Durante a abertura, o Diretor-Superintendente da Previc, Ricardo Pena, falou do esforço de mudar a atual cultura de supervisão das EFPC. “Mesmo dentro do Estado, quebrar essa lógica de atuação persecutória da Previc não tem sido fácil”, disse. E explicou como deve ser a conduta da autarquia para a qual foi criada. “Quando o gestor toma a decisão, aos olhos do supervisor, é preciso saber se foi uma decisão informada, se foi refletida e se foi desinteressada. O que a gente pretende com o ato regular de gestão é estabelecer um padrão de conduta”, completou. Ele disse, ainda, que “ao tomar uma decisão, [o ato] pode estar regular ou irregular. Verificar isso é o papel da supervisão”, falou aos dirigentes.

Ricardo Pena destacou que o Acórdão n. 964 do Pleno do TCU foi um marco importante porque assegurou a competência da Previc. “O ministro-relator Benjamin Zymler reconheceu que o ato regular de gestão não se constitui numa obrigação de resultado, mas um dever de meio, de cuidado e diligência decisória no melhor interesse da entidade. Para ele, a inclusão do ato regular de gestão na Resolução Previc n. 23/2023 é um parâmetro de avaliação de conduta dos diretores e conduz a uma frutífera segurança jurídica. Nós temos que incentivar as boas práticas de gestão porque o que traz performance é a gestão. Não dá para dizer que só adicionando controle e exigências o setor vai evoluir. Precisamos dar as condições para o gestor atuar”, disse.

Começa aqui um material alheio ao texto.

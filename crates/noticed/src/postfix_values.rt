//! The arguments of `postfix`.
//! main.cf isn't read: its values may name one another and come from tables, and only Postfix's own
//! library reads it as Postfix does. The few that count are options with Postfix's defaults.
use crate::arguments::{LONGEST_PATH, number_of, owned, site_of, text_of};
use crate::postfix_serving::PostfixServing;
use crate::start_error::StartError;
use crate::template_files::templates_in;
use clap::ArgMatches;
use dsn_postfix::QueueName;
use dsn_postfix_notices::{PostmasterCopies, ServiceSettings};
use dsn_postfix_queue::{FolderHashing, MOST_DEPTH, QueueFolder};
use dsn_report::Site;
use dsn_smtp::ServerAddress;
use dsn_text::{MtaName, TextFault};
use std::alloc::Global;
use std::net::SocketAddr;

/// The longest time for which a delivery is tried, in seconds: a hundred days, as Postfix has it.
const MOST_LIFETIME: u32 = 8_640_000;

/// The largest `bounce_size_limit` of Postfix, in bytes.
const MOST_SIZE_LIMIT: u32 = 2_147_483_647;

/// What HAND-IN may be.
const HAND_IN: &str = "an IP address or localhost with a port, or a path of at most 107 bytes";

/// The values of the options of `postfix`.
#[derive(Drop)]
pub(crate) struct PostfixValues {
    /// For how many seconds a delivery is tried.
    pub(crate) lifetime: u32,
    /// How many bytes a message has at most if it is returned whole.
    pub(crate) size_limit: u32,
    /// The notices of which the postmaster gets a copy.
    copies: PostmasterCopies,
    /// Whether a notice refers to the Message-ID of its message.
    threaded: bool,
    /// The sender of notices about notices.
    pub(crate) double_bounce: String,
    /// The names of the hashed queues, with commas, spaces or tabs between them.
    hashed: String,
    /// By how many levels of folders they are hashed.
    pub(crate) depth: u32,
}

impl PostfixValues {
    /// The names of the hashed queues.
    pub(crate) fn hashed_queues(&self, alloc: Global) -> Result<Vec<QueueName<'_>>, StartError> {
        let mut names = Vec::new(alloc);
        for word in self.hashed.as_str().split([',', ' ', '\t']) {
            if !word.is_empty() {
                let Some(name) = QueueName::new(word.as_bytes()) else {
                    let allowed = "names of queues";
                    return Err(StartError::wrong(alloc, "hash-queue-names", allowed, word));
                };
                names.push(name).map_err(|_| StartError::NoMemory)?;
            }
        }
        Ok(names)
    }

    /// The queue folder at this path, whose hashed queues have these names.
    pub(crate) fn queue_folder<'a>(
        &self,
        root: &'a str,
        hashed: &'a [QueueName<'a>],
    ) -> QueueFolder<'a> {
        QueueFolder {
            root,
            hashing: FolderHashing {
                queues: hashed,
                depth: self.depth,
            },
        }
    }

    /// The settings that notices depend on, which come from this site.
    pub(crate) fn settings<'a>(&'a self, site: &'a Site) -> ServiceSettings<'a> {
        ServiceSettings {
            site,
            double_bounce: self.double_bounce.as_bytes(),
            lifetime: self.lifetime,
            size_limit: self.size_limit,
            copies: self.copies,
            threaded: self.threaded,
        }
    }
}

/// What `postfix` is given.
pub(crate) fn postfix_serving(
    rt: &HostRuntime,
    given: &ArgMatches<'_>,
) -> Result<PostfixServing, StartError> {
    let alloc = rt.alloc();
    let host = text_of(given, "HOST");
    Ok(PostfixServing {
        site: site_with_templates(rt, given, host)?,
        client: client_of(alloc, host)?,
        hand_in: server_of(alloc, text_of(given, "HAND-IN"))?,
        values: values_of(alloc, given, host)?,
        folder: owned(alloc, text_of(given, "QUEUE-FOLDER"))?,
        inherits: given.get_flag("inherited"),
    })
}

/// The site that the host names, with the templates of the folder that is given, if one is.
pub(crate) fn site_with_templates(
    rt: &HostRuntime,
    given: &ArgMatches<'_>,
    host: &str,
) -> Result<Site, StartError> {
    let site = site_of(rt.alloc(), host)?;
    match given.get_str("templates") {
        Some(folder) => Ok(site.with_templates(templates_in(rt, folder)?)),
        None => Ok(site),
    }
}

/// The values of the options.
pub(crate) fn values_of(
    alloc: Global,
    given: &ArgMatches<'_>,
    host: &str,
) -> Result<PostfixValues, StartError> {
    Ok(PostfixValues {
        lifetime: number_of(alloc, given, "lifetime", MOST_LIFETIME)?,
        size_limit: number_of(alloc, given, "bounce-size-limit", MOST_SIZE_LIMIT)?,
        copies: copies_of(alloc, given)?,
        threaded: given.get_flag("threaded"),
        double_bounce: double_bounce_of(alloc, given, host)?,
        hashed: owned(alloc, text_of(given, "hash-queue-names"))?,
        depth: number_of(alloc, given, "hash-queue-depth", MOST_DEPTH)?,
    })
}

/// The notices of which the postmaster gets a copy: their requests are passed on.
fn copies_of(alloc: Global, given: &ArgMatches<'_>) -> Result<PostmasterCopies, StartError> {
    let mut copies = PostmasterCopies {
        bounce: false,
        double_bounce: false,
        delay: false,
    };
    for word in text_of(given, "pass-on").split([',', ' ', '\t']) {
        match word {
            "" => {}
            "bounce" => copies.bounce = true,
            "2bounce" => copies.double_bounce = true,
            "delay" => copies.delay = true,
            _ => {
                let allowed = "bounce, 2bounce and delay";
                return Err(StartError::wrong(alloc, "pass-on", allowed, word));
            }
        }
    }
    Ok(copies)
}

/// The sender of notices about notices.
fn double_bounce_of(
    alloc: Global,
    given: &ArgMatches<'_>,
    host: &str,
) -> Result<String, StartError> {
    match given.get_str("double-bounce") {
        Some(address) => owned(alloc, address),
        None => Ok(format!(in alloc; "double-bounce@{host}")?),
    }
}

/// The mail server that a word names: the path of a Unix socket, which begins with `/`, or an
/// address and a port. A server listens at none with the number 0. It is no name: a name would be
/// looked up for each notice, and a notice would wait for that.
pub(crate) fn server_of(alloc: Global, word: &str) -> Result<ServerAddress, StartError> {
    if word.starts_with('/') && word.len() <= LONGEST_PATH {
        return Ok(ServerAddress::Unix(owned(alloc, word)?));
    }
    // The name of this machine, which needs no resolver (RFC 6761 section 6.3).
    let loopback = match word.strip_prefix("localhost:") {
        Some(port) => format!(in alloc; "127.0.0.1:{port}")?,
        None => owned(alloc, word)?,
    };
    match loopback.parse::<SocketAddr>() {
        Ok(address) if address.port() > 0 => Ok(ServerAddress::Tcp(address)),
        _ => Err(StartError::wrong(alloc, "HAND-IN", HAND_IN, word)),
    }
}

/// The name that a host has for a mail server.
fn client_of(alloc: Global, host: &str) -> Result<MtaName, StartError> {
    match MtaName::new(alloc, host.as_bytes()) {
        Ok(name) => Ok(name),
        Err(TextFault::NoMemory) => Err(StartError::NoMemory),
        Err(_) => Err(StartError::wrong(alloc, "HOST", "the name of a host", host)),
    }
}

Para o Secretário do Regime Próprio e Complementar (RPPS/MPS), Paulo Roberto dos Santos Pinto, “o mais importante quando você vai tomar uma decisão é escrever os fundamentos e o cenário que está verificando para tomar a decisão”. E citou o caso das lojas Americanas. “Todos os elementos indicavam que estava saudável e, de um dia para o outro, o cenário mudou. O ato regular de gestão é isso. Que a decisão seja tomada, buscando os melhores elementos, que ela fique documentada e o resultado seja o reflexo dos riscos do mercado, dos riscos econômicos que nem sempre a gente vai conseguir controlar. Mas que a gente possa trabalhar cada vez mais para mitigar os riscos”, fundamentou.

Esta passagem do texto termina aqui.